◆ **What is expected**: Taking the first line of the listing as the start and the line containing "fn after(place: Place, bytes: &[u8]) -> Place" as the end, reproduce everything in between exactly, both ends included.
===== Supplied material
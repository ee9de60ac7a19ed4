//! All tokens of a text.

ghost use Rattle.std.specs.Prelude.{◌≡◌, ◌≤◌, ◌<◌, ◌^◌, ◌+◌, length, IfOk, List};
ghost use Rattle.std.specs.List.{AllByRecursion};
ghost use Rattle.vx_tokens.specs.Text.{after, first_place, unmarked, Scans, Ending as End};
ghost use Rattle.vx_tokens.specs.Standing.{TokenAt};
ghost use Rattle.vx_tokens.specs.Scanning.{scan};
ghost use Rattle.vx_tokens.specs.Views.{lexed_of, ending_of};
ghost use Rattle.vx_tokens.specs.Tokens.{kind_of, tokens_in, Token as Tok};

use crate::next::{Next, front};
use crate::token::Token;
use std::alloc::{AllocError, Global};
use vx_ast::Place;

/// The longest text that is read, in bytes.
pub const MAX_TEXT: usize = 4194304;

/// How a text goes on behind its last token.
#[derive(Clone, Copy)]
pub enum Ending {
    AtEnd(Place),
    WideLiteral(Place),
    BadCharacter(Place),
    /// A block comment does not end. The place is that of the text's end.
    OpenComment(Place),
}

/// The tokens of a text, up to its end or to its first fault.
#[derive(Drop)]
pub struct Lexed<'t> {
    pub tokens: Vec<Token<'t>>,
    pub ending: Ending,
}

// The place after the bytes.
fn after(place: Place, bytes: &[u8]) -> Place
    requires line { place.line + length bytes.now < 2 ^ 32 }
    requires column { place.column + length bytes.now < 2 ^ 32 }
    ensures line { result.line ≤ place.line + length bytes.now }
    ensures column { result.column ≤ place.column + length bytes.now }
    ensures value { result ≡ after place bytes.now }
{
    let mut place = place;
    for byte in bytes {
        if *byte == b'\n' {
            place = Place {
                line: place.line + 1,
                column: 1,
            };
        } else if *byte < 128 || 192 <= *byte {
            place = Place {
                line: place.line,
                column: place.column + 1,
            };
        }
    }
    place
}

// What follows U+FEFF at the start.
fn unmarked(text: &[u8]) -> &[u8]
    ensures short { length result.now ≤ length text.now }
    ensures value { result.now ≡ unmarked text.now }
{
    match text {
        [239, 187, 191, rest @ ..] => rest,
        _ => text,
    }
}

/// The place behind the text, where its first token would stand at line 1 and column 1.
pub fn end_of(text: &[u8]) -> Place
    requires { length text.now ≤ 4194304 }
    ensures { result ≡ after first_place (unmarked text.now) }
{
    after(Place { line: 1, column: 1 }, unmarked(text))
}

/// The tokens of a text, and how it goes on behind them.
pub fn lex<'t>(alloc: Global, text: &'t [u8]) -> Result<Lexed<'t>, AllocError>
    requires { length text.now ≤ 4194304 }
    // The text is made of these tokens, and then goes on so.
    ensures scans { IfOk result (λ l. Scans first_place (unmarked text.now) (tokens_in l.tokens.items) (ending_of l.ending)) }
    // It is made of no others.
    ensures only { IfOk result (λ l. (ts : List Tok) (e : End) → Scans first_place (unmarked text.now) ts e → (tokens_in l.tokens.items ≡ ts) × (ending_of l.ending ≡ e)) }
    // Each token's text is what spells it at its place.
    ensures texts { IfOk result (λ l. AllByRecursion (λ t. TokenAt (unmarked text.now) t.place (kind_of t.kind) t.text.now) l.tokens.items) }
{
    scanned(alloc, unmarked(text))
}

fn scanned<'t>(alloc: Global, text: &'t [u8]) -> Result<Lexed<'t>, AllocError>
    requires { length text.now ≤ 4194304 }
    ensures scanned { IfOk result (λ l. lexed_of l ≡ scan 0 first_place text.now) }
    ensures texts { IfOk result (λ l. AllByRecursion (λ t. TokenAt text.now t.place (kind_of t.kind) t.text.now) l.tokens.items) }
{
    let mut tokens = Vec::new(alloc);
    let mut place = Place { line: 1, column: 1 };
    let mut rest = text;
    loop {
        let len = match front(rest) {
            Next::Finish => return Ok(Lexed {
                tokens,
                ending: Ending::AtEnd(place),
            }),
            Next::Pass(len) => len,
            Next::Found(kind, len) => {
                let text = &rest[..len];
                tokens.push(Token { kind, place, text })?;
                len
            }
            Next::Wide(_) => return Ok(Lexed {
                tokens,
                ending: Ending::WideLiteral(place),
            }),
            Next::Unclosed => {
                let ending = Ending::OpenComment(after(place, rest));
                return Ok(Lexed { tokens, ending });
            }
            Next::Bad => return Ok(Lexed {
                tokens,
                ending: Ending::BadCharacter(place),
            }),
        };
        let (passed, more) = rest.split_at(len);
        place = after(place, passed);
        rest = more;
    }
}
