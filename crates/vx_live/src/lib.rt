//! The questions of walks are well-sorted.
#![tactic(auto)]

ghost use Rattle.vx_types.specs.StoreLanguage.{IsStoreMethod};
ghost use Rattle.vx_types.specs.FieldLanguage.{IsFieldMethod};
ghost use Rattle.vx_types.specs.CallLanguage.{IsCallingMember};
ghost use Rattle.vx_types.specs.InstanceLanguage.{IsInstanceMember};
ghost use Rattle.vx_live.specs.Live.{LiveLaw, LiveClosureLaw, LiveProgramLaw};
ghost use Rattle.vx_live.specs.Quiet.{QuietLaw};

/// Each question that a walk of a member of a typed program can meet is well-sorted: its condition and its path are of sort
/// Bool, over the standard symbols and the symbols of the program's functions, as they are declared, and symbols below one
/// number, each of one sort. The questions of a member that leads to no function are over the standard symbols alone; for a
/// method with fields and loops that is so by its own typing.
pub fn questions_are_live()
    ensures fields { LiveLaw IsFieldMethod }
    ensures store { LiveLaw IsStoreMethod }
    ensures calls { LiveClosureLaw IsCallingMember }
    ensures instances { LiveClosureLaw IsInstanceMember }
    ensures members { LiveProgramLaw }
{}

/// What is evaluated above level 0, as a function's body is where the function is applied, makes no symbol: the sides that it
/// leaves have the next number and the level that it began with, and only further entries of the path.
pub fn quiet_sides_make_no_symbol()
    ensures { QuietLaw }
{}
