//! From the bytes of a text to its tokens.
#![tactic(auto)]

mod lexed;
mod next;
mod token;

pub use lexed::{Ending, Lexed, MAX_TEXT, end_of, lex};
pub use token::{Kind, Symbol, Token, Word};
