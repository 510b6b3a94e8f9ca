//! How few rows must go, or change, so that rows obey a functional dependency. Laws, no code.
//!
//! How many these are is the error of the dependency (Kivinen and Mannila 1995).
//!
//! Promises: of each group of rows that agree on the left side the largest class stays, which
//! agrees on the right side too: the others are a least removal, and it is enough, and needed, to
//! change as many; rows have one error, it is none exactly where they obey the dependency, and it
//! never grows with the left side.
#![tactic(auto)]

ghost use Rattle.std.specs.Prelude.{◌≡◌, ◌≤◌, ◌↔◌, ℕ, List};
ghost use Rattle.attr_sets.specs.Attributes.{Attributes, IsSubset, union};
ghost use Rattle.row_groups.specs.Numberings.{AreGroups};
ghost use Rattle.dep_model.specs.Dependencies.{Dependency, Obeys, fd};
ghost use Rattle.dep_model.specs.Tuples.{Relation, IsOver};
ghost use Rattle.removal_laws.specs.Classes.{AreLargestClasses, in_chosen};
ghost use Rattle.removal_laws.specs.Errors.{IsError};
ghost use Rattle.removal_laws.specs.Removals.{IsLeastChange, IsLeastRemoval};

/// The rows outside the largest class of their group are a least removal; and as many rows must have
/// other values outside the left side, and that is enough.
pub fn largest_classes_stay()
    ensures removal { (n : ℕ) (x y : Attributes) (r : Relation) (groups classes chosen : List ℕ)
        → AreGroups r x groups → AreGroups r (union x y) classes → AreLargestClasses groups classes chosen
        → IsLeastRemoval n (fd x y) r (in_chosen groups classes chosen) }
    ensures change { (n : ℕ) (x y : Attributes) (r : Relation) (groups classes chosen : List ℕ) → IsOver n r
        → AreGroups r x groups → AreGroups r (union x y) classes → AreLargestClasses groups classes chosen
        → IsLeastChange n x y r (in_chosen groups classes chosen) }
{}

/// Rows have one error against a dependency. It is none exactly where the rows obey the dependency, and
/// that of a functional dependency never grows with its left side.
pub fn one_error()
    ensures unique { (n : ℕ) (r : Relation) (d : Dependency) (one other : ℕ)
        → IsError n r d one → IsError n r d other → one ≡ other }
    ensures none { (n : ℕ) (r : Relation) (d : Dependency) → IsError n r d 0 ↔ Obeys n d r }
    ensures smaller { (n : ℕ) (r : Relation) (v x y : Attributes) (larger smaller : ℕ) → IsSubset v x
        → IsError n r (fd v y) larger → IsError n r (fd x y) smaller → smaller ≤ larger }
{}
==========
◆ **Exercise output**:
repository ee9de60ac7a19ed4
//! All tokens of a text.

ghost use Rattle.std.specs.Prelude.{◌≡◌, ◌≤◌, ◌<◌, ◌^◌, ◌+◌, length, IfOk, List};
ghost use Rattle.std.specs.List.{AllByRecursion};
ghost use Rattle.vx_tokens.specs.Text.{after, first_place, unmarked, Scans, Ending as End};
ghost use Rattle.vx_tokens.specs.Standing.{TokenAt};
ghost use Rattle.vx_tokens.specs.Scanning.{scan};
ghost use Rattle.vx_tokens.specs.Views.{lexed_of, ending_of};
ghost use Rattle.vx_tokens.specs.Tokens.{kind_of, tokens_in, Token as Tok};

use crate::next::{Next, front};
use crate::token::Token;
use std::alloc::{AllocError, Global};
use vx_ast::Place;

/// The longest text that is read, in bytes.
pub const MAX_TEXT: usize = 4194304;

/// How a text goes on behind its last token.
#[derive(Clone, Copy)]
pub enum Ending {
    AtEnd(Place),
    WideLiteral(Place),
    BadCharacter(Place),
    /// A block comment does not end. The place is that of the text's end.
    OpenComment(Place),
}

/// The tokens of a text, up to its end or to its first fault.
#[derive(Drop)]
pub struct Lexed<'t> {
    pub tokens: Vec<Token<'t>>,
    pub ending: Ending,
}

// The place after the bytes.
fn after(place: Place, bytes: &[u8]) -> Place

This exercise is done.